What Box-Cox transformation would you select for your retail data (from Exercise 3 in Section 2.10)?
retaildata <- readxl::read_excel("C:/Users/Mezu/Documents/retail.xlsx", skip=1)
myts <- ts(retaildata[,"A3349873A"],
frequency=12, start=c(1982,4))
autoplot(myts)
(lambda <- BoxCox.lambda(myts))
## [1] 0.1276369
autoplot(BoxCox(myts,lambda))
I will use lambda =0.127 This helpsto even out the variance
For your retail time series (from Exercise 3 in Section 2.10): Split the data into two parts using
myts.train <- window(myts, end=c(2010,12))
myts.test <- window(myts, start=2011)
Check that your data have been split appropriately by producing the following plot.
autoplot(myts) +
autolayer(myts.train, series="Training") +
autolayer(myts.test, series="Test")
Calculate forecasts using snaive applied to myts.train.
fc <- snaive(myts.train)
Compare the accuracy of your forecasts against the actual values stored in myts.test
accuracy(fc,myts.test)
## ME RMSE MAE MPE MAPE MASE
## Training set 7.772973 20.24576 15.95676 4.702754 8.109777 1.000000
## Test set 55.300000 71.44309 55.78333 14.900996 15.082019 3.495907
## ACF1 Theil's U
## Training set 0.7385090 NA
## Test set 0.5315239 1.297866
Check the residuals.
checkresiduals(fc)
##
## Ljung-Box test
##
## data: Residuals from Seasonal naive method
## Q* = 624.45, df = 24, p-value < 2.2e-16
##
## Model df: 0. Total lags used: 24
Do the residuals appear to be uncorrelated and normally distributed?

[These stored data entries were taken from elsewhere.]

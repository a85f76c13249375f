// Files made of a common beginning.
use std::alloc::{AllocError, Global};

// The line of bidder 3.
pub const BIDDER_3: &str = "3,000102030405060708090a0b0c0d0e0f\n";

// The file of a lot with these values, and of these lines of bidders and of envelopes.
pub fn file_of(
    heap: Global,
    values: &str,
    bidders: &str,
    envelopes: &str,
) -> Result<String, AllocError> {
    format!(in heap; "lot,variant,terms\n{values}\n\nbidder,key\n{bidders}\nenvelope\n{envelopes}")
}

// A file that begins with so many of the seven lines above the envelopes, with lot 17 and bidder 3, and goes on as given.
pub fn begun(heap: Global, lines: usize, rest: &str) -> Result<String, AllocError> {
    let whole = file_of(heap, "17,dumbo,", BIDDER_3, "")?;
    let mut file = String::new(heap);
    for line in whole.lines().take(lines) {
        file.push_str(line)?;
        file.push('\n')?;
    }
    file.push_str(rest)?;
    Ok(file)
}

// A text and so many commas behind it.
pub fn with_commas(heap: Global, text: &str, commas: usize) -> Result<String, AllocError> {
    let mut long = String::from_str(heap, text)?;
    for _ in 0..commas {
        long.push(',')?;
    }
    Ok(long)
}

// The lines of bidders 0 and on, so many of them, and what is behind them.
pub fn bidders_then(heap: Global, bidders: u32, behind: &str) -> Result<String, AllocError> {
    let mut lines = String::new(heap);
    for bidder in 0..bidders {
        write!(lines, "{bidder},000102030405060708090a0b0c0d0e0f\n")?;
    }
    lines.push_str(behind)?;
    Ok(lines)
}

From the plots the residuals appears to be normally distributed
How sensitive are the accuracy measures to the training/test split?
The time plot of the residuals shows that the variation of the residuals has a pattern and it is not constant. We can also say the same for the ACFresidual lag plot. However, the distribution of the residuals is normall. This means that there is likely some bias since residual plot is not close to zero. The predictions might not be good but the prediction intervals assuming normally distribution should be good.